O Supremo Tribunal Federal (STF) marcou para esta quarta-feira (13) a discussão sobre o primeiro de uma série de assuntos relacionados à pauta de costumes. Há, aí, um potencial para colocar a Corte em colisão com parte do Congresso e com o Palácio do Planalto. No plenário, ministros vão julgar duas ações que pedem a criminalização da homofobia, tema controverso entre parlamentares e que permeou a campanha eleitoral.
Os julgamentos testarão as relações entre o tribunal e o Congresso no momento em que senadores miram a Corte e chegaram a articular a instalação de uma Comissão Parlamentar de Inquérito (CPI) para investigar o "ativismo judicial" de ministros — proposta que foi engavetada na segunda-feira (11). Na "pauta de costumes" definida pelo presidente do STF, Dias Toffoli, o julgamento de ações do PPS e da Associação Brasileira de Gays, Lésbicas, Bissexuais, Travestis, Transexuais e Intersexos (ABGLT) sobre a discriminação contra homossexuais e transexuais terá prioridade.
O partido e a entidade querem que o Supremo não apenas declare o Congresso omisso por não ter votado projeto de lei que criminaliza a homofobia, mas também dê um prazo final para que os parlamentares aprovem uma legislação criminal que puna especificamente violência física, discursos de ódio e homicídios por causa da orientação sexual da vítima.
A proposta sofre resistência das bancadas evangélica e do PSL —partido de Jair Bolsonaro —, que veem na medida uma forma de proibir pastores de pregarem contra a homossexualidade em templos religiosos.

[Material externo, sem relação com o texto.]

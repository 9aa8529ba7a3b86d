// The lines of a text that describes a pattern: their kinds, and the values of their words.
#![tactic(auto)]

ghost use Rattle.std.specs.Prelude.{◌≡◌, ◌*◌, ◌≤◌, eqb, drop, length};
ghost use Rattle.std.proofs.lemmas.List.Edits.{sets};
ghost use Rattle.text.specs.Text.{words};
ghost use Rattle.forms.specs.Forms.{values};
ghost use Rattle.draft_forms.specs.LineForms.{body_counted, further_kind, kind_named, line_kind, word_kinds};

use forms::{Matched, WordKind, put_values};
use text::{name_of, next_word};

// What a line is, by its first word.
#[derive(Clone, Copy)]
pub enum LineKind {
    Point,
    Edge,
    Face,
    Shell,
    // No words, or a comment.
    Comment,
    // It says that the pattern has no point, edge, face and shell.
    Empty,
    // None of these.
    Unknown,
}

// Which kind of line a name asks for.
#[tactic(auto, unfolding(crate::specs::LineForms::kind_named))]
fn kind_named(name: &[u8]) -> LineKind
    ensures { result ≡ kind_named name.now }
{
    match name {
        b"point" => LineKind::Point,
        b"edge" => LineKind::Edge,
        b"face" => LineKind::Face,
        b"shell" => LineKind::Shell,
        b"empty" => LineKind::Empty,
        _ => LineKind::Unknown,
    }
}

// The kind of a line, and what follows its first word.
#[derive(Clone, Copy)]
pub struct Kind<'a> {
    pub kind: LineKind,
    pub rest: &'a [u8],
}

pub fn kind_of(line: &[u8]) -> Kind<'_>
    ensures { (result.kind ≡ line_kind (words line.now)) × (words result.rest.now ≡ drop 1 (words line.now)) × (length result.rest.now ≤ length line.now) }
{
    let Some((word, rest)) = next_word(line) else {
        return Kind {
            kind: LineKind::Comment,
            rest: line,
        };
    };
    let kind = match word {
        [b'#', ..] => LineKind::Comment,
        _ => kind_named(word),
    };
    Kind { kind, rest }
}

// The values of the words after the first of a line of this kind.
#[tactic(auto, unfolding(crate::specs::LineForms::word_kinds, crate::specs::LineForms::further_kind))]
pub fn match_line(kind: LineKind, line: &[u8], out: &mut [u64]) -> Matched
    requires { length line.now ≤ 2 * length out.old }
    ensures out_after { out.new ≡ sets out.old 0 (values (word_kinds kind) (further_kind kind) 0 (words line.now)) }
    ensures words_value { result.words ≡ length (values (word_kinds kind) (further_kind kind) 0 (words line.now)) }
    ensures all_value { result.all ≡ eqb (length (values (word_kinds kind) (further_kind kind) 0 (words line.now))) (length (words line.now)) }
{
    match kind {
        LineKind::Point => {
            let kinds = [
                WordKind::Number,
                WordKind::Named(name_of(b"label")),
                WordKind::Label,
            ];
            put_values(line, &kinds, None, out)
        }
        LineKind::Edge => {
            let kinds = [
                WordKind::Number,
                WordKind::Named(name_of(b"from")),
                WordKind::Number,
                WordKind::Named(name_of(b"to")),
                WordKind::Number,
                WordKind::Named(name_of(b"span")),
                WordKind::Real,
                WordKind::Real,
            ];
            put_values(line, &kinds, None, out)
        }
        LineKind::Face => {
            let kinds = [
                WordKind::Number,
                WordKind::Named(name_of(b"surface")),
                WordKind::Short,
                WordKind::Named(name_of(b"wire")),
            ];
            put_values(line, &kinds, Some(WordKind::Wires), out)
        }
        LineKind::Shell => {
            let kinds = [WordKind::Number, WordKind::Named(name_of(b"faces"))];
            put_values(line, &kinds, Some(WordKind::Signed), out)
        }
        _ => put_values(line, &[], None, out),
    }
}

// The body whose records a line of this kind counts.
pub fn body_counted(kind: LineKind) -> usize
    ensures { (result ≡ body_counted kind) × (result ≤ 5) }
{
    match kind {
        LineKind::Point => 0,
        LineKind::Edge => 1,
        LineKind::Face => 4,
        _ => 5,
    }
}
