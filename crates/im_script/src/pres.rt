ghost use Rattle.std.specs.Prelude.{◌≡◌, ◌++◌, List, codes, IfOk};
ghost use Rattle.im_text.specs.Finds.{Finds};
ghost use Rattle.im_draft.specs.declared.drafts.Draft.{Draft};
ghost use Rattle.im_draft.specs.declared.preconditions.Pre.{Pre};
ghost use Rattle.im_script.specs.Script.{AreAsked, AreFields, IsPre};

use crate::fields::first_field;
use im_draft::preconditions::Pre;
use im_text::cuts::{after, cut};
use im_text::numbers::read_number;
use im_text::octets::read_octets;
use std::alloc::{AllocError, Global};

// The precondition whose key stands behind `exists:`.
fn read_exists(alloc: Global, word: &[u8]) -> Result<Option<Pre>, AllocError>
    ensures { IfOk result (λ pre. Finds pre (IsPre (codes "exists:" ++ word.now))) }
{
    let Some(key) = read_octets(alloc, word)? else {
        return Ok(None);
    };
    Ok(Some(Pre::Exists { key }))
}

// The precondition whose key stands behind `missing:`.
fn read_missing(alloc: Global, word: &[u8]) -> Result<Option<Pre>, AllocError>
    ensures { IfOk result (λ pre. Finds pre (IsPre (codes "missing:" ++ word.now))) }
{
    let Some(key) = read_octets(alloc, word)? else {
        return Ok(None);
    };
    Ok(Some(Pre::Missing { key }))
}

// The precondition whose key and number stand behind `since:`.
fn read_since(alloc: Global, text: &[u8]) -> Result<Option<Pre>, AllocError>
    ensures { IfOk result (λ pre. Finds pre (IsPre (codes "since:" ++ text.now))) }
{
    let Some((word, digits)) = cut(text, b'@') else {
        return Ok(None);
    };
    let Some(n) = read_number(digits) else {
        return Ok(None);
    };
    let Some(key) = read_octets(alloc, word)? else {
        return Ok(None);
    };
    Ok(Some(Pre::Since { key, n }))
}

// The precondition that a field says.
pub(crate) fn read_pre(alloc: Global, text: &[u8]) -> Result<Option<Pre>, AllocError>
    ensures { IfOk result (λ pre. Finds pre (IsPre text.now)) }
{
    if let Some(word) = after(text, b"exists:") {
        return read_exists(alloc, word);
    }
    if let Some(word) = after(text, b"missing:") {
        return read_missing(alloc, word);
    }
    match after(text, b"since:") {
        Some(rest) => read_since(alloc, rest),
        None => Ok(None),
    }
}

// The preconditions in front, each behind one space, and what is left behind the last of them.
pub(crate) fn read_pres(alloc: Global, text: &[u8]) -> Result<(Vec<Pre>, &[u8]), AllocError>
    ensures asked { IfOk result (λ r. (drafts : List Draft) → AreFields r.1.now drafts → AreAsked text.now r.0.items drafts) }
    ensures only { IfOk result (λ r. (pres : List Pre) (drafts : List Draft) → AreAsked text.now pres drafts → (pres ≡ r.0.items) × AreFields r.1.now drafts) }
{
    let mut pres = Vec::new(alloc);
    let mut rest = text;
    while let Some(fields) = after(rest, b" ") {
        let (field, behind) = first_field(fields);
        let Some(pre) = read_pre(alloc, field)? else {
            break;
        };
        pres.push(pre).map_err(AllocError::from)?;
        rest = behind;
    }
    Ok((pres, rest))
}
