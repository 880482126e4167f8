use crate::texts::Text;
use im_draft::drafts::Drafts;
use im_draft::preconditions::Pres;
use im_octet::octets::Octets;

/// A command of a script.
#[derive(Drop)]
pub enum Command {
    /// Places a transaction of these entries, where the preconditions hold. `del` asks for one entry, which
    /// deletes its key.
    Set {
        /// The preconditions, in the order given.
        pres: Pres,
        /// The entries, in the order given.
        drafts: Drafts,
    },
    /// Asks for the value of a key after transaction `at`, or after the last one.
    Get {
        /// The key.
        key: Octets,
        /// The transaction after which it is read; the last one where it is `None`.
        at: Option<u64>,
    },
    /// Asks for the live keys that begin with a prefix, after transaction `at`, or after the last one.
    Scan {
        /// What the keys begin with.
        prefix: Octets,
        /// The transaction after which they are read; the last one where it is `None`.
        at: Option<u64>,
    },
    /// Asks for all versions of a key.
    History {
        /// The key.
        key: Octets,
    },
    /// Asks for the header of a transaction by its number.
    Header {
        /// The number of the transaction, from 1.
        number: u64,
    },
    /// Asks for the header of the last transaction, as a message.
    State,
    /// Asks for the dual proof between two transactions.
    Prove {
        /// The number of the one that the proof leads from.
        source: u64,
        /// The number of the one that it leads to.
        target: u64,
    },
    /// Asks for the dual proof between two transactions, with its anchor where one is due.
    Advance {
        /// The number of the one that the proof leads from, whose header a client keeps.
        source: u64,
        /// The number of the one that it leads to, whose header the client keeps then.
        target: u64,
    },
    /// Asks for an entry of a transaction by its index, from 0, proved under its own or a later state:
    /// that of the last transaction unless another is named.
    Item {
        /// The number of the transaction.
        number: u64,
        /// The index of the entry, from 0.
        index: u32,
        /// The number of the state's transaction; the last one where it is `None`.
        under: Option<u64>,
    },
    /// Raises the tree by so many transactions, at most to the last one.
    Link {
        /// How many.
        count: u64,
    },
    /// Answers a statement of SQL behind all that is durable. Where it writes, it places a transaction, unless a key that it guards was written since.
    Sql {
        /// The text, whether it is in SQL's grammar or not.
        text: Text,
    },
}

/// A line of a script that isn't passed over: a session's command.
#[derive(Drop)]
pub struct Line {
    /// The session's name: 1 to 16 of a-z 0-9.
    pub session: Octets,
    /// What it asks for.
    pub command: Command,
}
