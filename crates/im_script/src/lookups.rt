ghost use Rattle.std.specs.Prelude.{IfOk};
ghost use Rattle.im_text.specs.Finds.{Finds};
ghost use Rattle.im_script.specs.Script.{IsLookup};

use crate::fields::first_field;
use crate::numbers::read_at;
use im_octet::octets::Octets;
use im_text::octets::read_octets;
use std::alloc::{AllocError, Global};

// Octets that are looked for, and the transaction after which they are, if one is named.
pub(crate) fn read_lookup(
    alloc: Global,
    text: &[u8],
) -> Result<Option<(Octets, Option<u64>)>, AllocError>
    ensures { IfOk result (λ lookup. Finds lookup (λ l. IsLookup text.now l.0 l.1)) }
{
    let (word, mark) = first_field(text);
    let Some(at) = read_at(mark) else {
        return Ok(None);
    };
    let Some(octets) = read_octets(alloc, word)? else {
        return Ok(None);
    };
    Ok(Some((octets, at)))
}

Durante a campanha presidencial, o então candidato Bolsonaro criticou o "coitadismo" de gays ao contestar a adoção de políticas afirmativas para a comunidade LGBT. Eleito, em entrevista ao Jornal Nacional, o presidente mudou o tom e disse que a "agressão contra um semelhante tem que ser punida na forma da lei":
— E, se for por um motivo como esse (ser gay), tem que ter sua pena agravada.
Ministros da Corte afirmam que o Supremo não pode deixar de cumprir o seu papel de defender minorias e zelar pelo cumprimento da Constituição.
— São (temas) de interesse da sociedade. O que nós precisamos no país é de mais segurança jurídica, saber o que pode e o que não pode ocorrer no dia a dia da vida gregária. Não há colisão com o Planalto. O Planalto respeita a atuação do Judiciário e o Judiciário, tanto quanto possível, desde que não seja provocado e não caiba atuar de forma diversa, respeita a atuação (do Planalto) — disse o ministro Marco Aurélio Mello.
Um segundo ministro, que preferiu não se identificar, avaliou que o respeito ao princípio de separação dos poderes "pressupõe independência" e ressaltou que o Supremo não pode se dobrar na defesa dos direitos de minorias. Para um terceiro ministro, o "STF é o STF, independentemente de presidente".
Outras ações
Na pauta do Supremo para este semestre está um pedido do PSL para alterar o Estatuto da Criança e do Adolescente (ECA) e endurecer a punição a jovens infratores. O julgamento está previsto para março. Outra ação, também polêmica e agendada para 22 de maio, tenta criar mais uma condição para aborto legal no país, incluindo a possibilidade para o caso de grávidas infectadas com o vírus da zika.
Os ministros vão apreciar ainda a ação que discute a descriminalização do porte de maconha para uso pessoal, que já tem três votos a favor no plenário. Para um ministro, esses temas estão colocados na pauta da sociedade e caberá ao Supremo decidi-los, independentemente de pressão da opinião pública ou dos demais poderes. Quanto ao papel das redes sociais, um outro ministro ironizou:
— Não estou nas redes sociais.
Embora se alinhem em questões como a defesa ou a crítica à Lava-Jato, é difícil prever resultados, pois os ministros do STF costumam ter posições bem distintas em temas comportamentais.
Ao definir a pauta, porém, Toffoli deixou de fora ação que trata de projeto similar ao Escola sem Partido em Alagoas. Para ele, essa é uma discussão que provoca "catarse" na sociedade e a Corte deve enfrentá-la apenas depois de amplo debate.